# Goal of the exercise
The tail of the records, from the line containing "spec.has_dating self.now (spec.system_beside" through the final line, should be printed exactly and on its own.

# Record excerpts
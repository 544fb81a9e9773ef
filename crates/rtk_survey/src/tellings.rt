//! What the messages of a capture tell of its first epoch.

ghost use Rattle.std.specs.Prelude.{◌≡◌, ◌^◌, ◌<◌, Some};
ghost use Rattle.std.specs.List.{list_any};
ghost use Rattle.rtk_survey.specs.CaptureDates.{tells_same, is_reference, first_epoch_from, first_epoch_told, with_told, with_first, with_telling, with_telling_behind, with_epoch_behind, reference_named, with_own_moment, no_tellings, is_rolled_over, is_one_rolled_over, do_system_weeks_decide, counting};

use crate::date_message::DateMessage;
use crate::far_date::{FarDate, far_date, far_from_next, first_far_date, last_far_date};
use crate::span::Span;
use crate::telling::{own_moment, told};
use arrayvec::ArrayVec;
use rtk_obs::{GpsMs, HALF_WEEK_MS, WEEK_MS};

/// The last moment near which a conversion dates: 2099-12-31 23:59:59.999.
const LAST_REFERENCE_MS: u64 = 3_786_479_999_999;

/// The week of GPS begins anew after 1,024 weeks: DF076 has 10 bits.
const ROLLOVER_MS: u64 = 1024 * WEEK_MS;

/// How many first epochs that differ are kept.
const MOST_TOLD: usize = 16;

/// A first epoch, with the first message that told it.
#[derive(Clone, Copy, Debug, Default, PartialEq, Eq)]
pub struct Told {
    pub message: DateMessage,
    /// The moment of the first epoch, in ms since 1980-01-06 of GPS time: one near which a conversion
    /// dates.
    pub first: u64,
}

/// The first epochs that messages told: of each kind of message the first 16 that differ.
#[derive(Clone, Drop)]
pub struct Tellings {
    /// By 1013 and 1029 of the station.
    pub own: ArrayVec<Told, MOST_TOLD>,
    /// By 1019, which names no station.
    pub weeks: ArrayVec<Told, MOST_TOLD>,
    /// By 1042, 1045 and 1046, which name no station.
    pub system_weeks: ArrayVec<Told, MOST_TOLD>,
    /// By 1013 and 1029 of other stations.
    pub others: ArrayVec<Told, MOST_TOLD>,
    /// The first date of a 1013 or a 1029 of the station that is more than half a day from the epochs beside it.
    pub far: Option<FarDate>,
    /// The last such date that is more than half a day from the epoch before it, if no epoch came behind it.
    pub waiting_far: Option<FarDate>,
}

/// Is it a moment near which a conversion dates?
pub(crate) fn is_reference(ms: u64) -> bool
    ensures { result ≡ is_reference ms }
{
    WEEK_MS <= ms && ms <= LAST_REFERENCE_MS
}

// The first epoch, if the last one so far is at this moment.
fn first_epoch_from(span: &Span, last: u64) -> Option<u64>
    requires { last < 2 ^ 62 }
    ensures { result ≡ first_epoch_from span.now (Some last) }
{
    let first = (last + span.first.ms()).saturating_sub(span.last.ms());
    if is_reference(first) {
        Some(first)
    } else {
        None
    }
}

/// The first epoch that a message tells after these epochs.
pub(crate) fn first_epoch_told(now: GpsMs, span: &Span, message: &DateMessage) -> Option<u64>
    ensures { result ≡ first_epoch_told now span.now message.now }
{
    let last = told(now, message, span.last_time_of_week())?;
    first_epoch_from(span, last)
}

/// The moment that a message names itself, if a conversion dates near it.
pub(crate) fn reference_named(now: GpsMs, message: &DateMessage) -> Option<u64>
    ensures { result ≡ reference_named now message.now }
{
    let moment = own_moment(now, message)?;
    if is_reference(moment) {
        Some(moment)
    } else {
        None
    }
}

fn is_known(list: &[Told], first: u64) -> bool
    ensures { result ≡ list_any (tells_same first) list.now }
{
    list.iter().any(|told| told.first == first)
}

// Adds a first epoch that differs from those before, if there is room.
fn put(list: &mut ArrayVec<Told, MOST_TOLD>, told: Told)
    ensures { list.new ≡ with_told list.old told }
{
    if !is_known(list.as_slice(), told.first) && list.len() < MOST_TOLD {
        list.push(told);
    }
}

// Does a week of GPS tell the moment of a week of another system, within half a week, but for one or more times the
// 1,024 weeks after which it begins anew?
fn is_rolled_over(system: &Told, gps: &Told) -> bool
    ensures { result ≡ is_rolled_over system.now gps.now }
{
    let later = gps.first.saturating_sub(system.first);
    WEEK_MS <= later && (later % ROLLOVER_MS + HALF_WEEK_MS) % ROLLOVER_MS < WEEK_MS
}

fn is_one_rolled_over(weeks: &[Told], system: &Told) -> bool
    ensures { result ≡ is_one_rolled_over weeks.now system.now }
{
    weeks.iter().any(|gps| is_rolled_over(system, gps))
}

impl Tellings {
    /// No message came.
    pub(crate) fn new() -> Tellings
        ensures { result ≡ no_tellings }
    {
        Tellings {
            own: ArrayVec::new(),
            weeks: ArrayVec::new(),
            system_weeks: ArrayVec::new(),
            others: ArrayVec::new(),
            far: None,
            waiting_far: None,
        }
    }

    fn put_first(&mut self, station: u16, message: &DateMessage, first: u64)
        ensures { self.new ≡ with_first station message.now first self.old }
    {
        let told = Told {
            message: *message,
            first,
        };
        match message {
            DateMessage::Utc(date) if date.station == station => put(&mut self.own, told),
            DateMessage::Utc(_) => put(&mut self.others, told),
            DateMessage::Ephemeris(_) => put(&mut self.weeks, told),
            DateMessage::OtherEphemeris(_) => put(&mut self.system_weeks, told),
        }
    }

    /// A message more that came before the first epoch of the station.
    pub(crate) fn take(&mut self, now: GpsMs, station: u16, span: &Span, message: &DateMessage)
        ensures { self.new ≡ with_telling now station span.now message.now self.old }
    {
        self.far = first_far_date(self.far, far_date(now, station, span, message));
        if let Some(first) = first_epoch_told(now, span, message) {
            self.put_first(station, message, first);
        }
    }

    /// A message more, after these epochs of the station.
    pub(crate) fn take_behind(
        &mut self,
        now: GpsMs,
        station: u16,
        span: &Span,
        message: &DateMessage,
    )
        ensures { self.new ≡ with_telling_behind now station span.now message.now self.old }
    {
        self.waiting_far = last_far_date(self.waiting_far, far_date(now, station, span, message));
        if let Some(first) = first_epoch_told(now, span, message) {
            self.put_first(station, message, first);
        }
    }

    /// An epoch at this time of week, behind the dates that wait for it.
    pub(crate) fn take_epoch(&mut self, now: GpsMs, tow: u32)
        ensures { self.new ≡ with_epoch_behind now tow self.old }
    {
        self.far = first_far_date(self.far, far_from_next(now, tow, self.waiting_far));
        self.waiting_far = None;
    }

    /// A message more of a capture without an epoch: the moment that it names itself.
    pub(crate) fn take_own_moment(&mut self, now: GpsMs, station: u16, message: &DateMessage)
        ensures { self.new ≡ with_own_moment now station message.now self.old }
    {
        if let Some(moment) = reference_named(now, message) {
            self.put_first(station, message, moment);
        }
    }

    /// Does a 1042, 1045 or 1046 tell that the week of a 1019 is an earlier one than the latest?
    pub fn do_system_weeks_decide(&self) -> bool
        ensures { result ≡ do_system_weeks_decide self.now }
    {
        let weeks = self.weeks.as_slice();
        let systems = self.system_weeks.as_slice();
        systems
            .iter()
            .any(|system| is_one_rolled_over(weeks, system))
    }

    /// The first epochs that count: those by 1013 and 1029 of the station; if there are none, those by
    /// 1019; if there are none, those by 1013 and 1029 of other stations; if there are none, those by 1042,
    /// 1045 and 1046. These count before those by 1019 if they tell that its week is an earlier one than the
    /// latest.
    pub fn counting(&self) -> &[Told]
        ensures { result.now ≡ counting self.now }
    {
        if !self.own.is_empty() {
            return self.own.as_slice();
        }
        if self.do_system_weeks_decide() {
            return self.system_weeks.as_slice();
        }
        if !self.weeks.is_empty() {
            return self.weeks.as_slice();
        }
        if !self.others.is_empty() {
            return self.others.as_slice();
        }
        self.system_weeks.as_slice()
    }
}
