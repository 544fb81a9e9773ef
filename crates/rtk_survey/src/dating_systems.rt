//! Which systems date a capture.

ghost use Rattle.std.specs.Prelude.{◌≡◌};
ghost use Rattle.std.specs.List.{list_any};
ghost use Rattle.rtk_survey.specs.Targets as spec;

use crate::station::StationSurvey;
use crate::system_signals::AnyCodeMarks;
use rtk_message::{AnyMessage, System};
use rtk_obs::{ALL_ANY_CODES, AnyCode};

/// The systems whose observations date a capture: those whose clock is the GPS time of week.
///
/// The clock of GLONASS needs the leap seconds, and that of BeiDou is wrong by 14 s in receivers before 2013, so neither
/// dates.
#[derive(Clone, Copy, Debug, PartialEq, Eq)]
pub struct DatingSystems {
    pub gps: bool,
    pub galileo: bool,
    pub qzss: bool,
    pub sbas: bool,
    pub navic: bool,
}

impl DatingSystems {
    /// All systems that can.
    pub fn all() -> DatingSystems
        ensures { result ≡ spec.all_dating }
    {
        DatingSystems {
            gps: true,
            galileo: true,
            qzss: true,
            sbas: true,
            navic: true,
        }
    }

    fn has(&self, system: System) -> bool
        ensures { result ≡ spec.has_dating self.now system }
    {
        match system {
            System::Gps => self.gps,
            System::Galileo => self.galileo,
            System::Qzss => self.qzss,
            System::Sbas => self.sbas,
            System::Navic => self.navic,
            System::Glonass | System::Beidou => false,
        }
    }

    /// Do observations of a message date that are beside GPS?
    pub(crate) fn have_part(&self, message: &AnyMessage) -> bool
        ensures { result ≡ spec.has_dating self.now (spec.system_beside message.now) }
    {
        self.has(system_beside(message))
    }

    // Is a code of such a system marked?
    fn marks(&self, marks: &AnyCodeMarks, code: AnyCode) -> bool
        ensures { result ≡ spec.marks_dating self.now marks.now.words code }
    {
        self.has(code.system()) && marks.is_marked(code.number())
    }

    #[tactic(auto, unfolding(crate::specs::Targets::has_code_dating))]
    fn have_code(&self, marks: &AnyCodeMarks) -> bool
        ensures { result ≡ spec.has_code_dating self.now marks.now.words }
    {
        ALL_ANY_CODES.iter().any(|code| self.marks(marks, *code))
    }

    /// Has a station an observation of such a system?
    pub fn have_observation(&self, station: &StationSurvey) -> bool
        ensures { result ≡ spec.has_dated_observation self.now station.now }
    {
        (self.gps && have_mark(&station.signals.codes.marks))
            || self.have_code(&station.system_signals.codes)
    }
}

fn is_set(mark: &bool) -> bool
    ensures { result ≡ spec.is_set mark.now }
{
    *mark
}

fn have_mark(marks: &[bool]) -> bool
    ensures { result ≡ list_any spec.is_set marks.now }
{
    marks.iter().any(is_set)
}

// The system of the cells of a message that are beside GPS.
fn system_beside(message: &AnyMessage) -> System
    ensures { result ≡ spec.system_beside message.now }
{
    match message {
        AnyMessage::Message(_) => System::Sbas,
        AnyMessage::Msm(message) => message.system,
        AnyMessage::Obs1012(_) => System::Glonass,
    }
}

# Written response
        ensures { result ≡ spec.has_dating self.now (spec.system_beside message.now) }
    {
        self.has(system_beside(message))
    }

    // Is a code of such a system marked?
    fn marks(&self, marks: &AnyCodeMarks, code: AnyCode) -> bool
        ensures { result ≡ spec.marks_dating self.now marks.now.words code }
    {
        self.has(code.system()) && marks.is_marked(code.number())
    }

    #[tactic(auto, unfolding(crate::specs::Targets::has_code_dating))]
    fn have_code(&self, marks: &AnyCodeMarks) -> bool
        ensures { result ≡ spec.has_code_dating self.now marks.now.words }
    {
        ALL_ANY_CODES.iter().any(|code| self.marks(marks, *code))
    }

    /// Has a station an observation of such a system?
    pub fn have_observation(&self, station: &StationSurvey) -> bool
        ensures { result ≡ spec.has_dated_observation self.now station.now }
    {
        (self.gps && have_mark(&station.signals.codes.marks))
            || self.have_code(&station.system_signals.codes)
    }
}

fn is_set(mark: &bool) -> bool
    ensures { result ≡ spec.is_set mark.now }
{
    *mark
}

fn have_mark(marks: &[bool]) -> bool
    ensures { result ≡ list_any spec.is_set marks.now }
{
    marks.iter().any(is_set)
}

// The system of the cells of a message that are beside GPS.
fn system_beside(message: &AnyMessage) -> System
    ensures { result ≡ spec.system_beside message.now }
{
    match message {
        AnyMessage::Message(_) => System::Sbas,
        AnyMessage::Msm(message) => message.system,
        AnyMessage::Obs1012(_) => System::Glonass,
    }
}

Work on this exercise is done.